[Materials provided Boundary: Start]

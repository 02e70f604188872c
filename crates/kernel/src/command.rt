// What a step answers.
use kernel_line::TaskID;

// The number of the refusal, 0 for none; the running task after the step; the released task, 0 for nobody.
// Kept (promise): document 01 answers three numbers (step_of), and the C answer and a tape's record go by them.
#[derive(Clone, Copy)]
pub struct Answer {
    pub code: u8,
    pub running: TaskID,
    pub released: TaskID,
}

[Materials provided Boundary: End]

| What is needed |
Reproduce the entries exactly as they appear.

| Response to the task |
repository 02e70f604188872c
filename crates/kernel/src/command.rt
// What a step answers.
use kernel_line::TaskID;

// The number of the refusal, 0 for none; the running task after the step; the released task, 0 for nobody.
// Kept (promise): document 01 answers three numbers (step_of), and the C answer and a tape's record go by them.
#[derive(Clone, Copy)]
pub struct Answer {
    pub code: u8,
    pub running: TaskID,
    pub released: TaskID,
}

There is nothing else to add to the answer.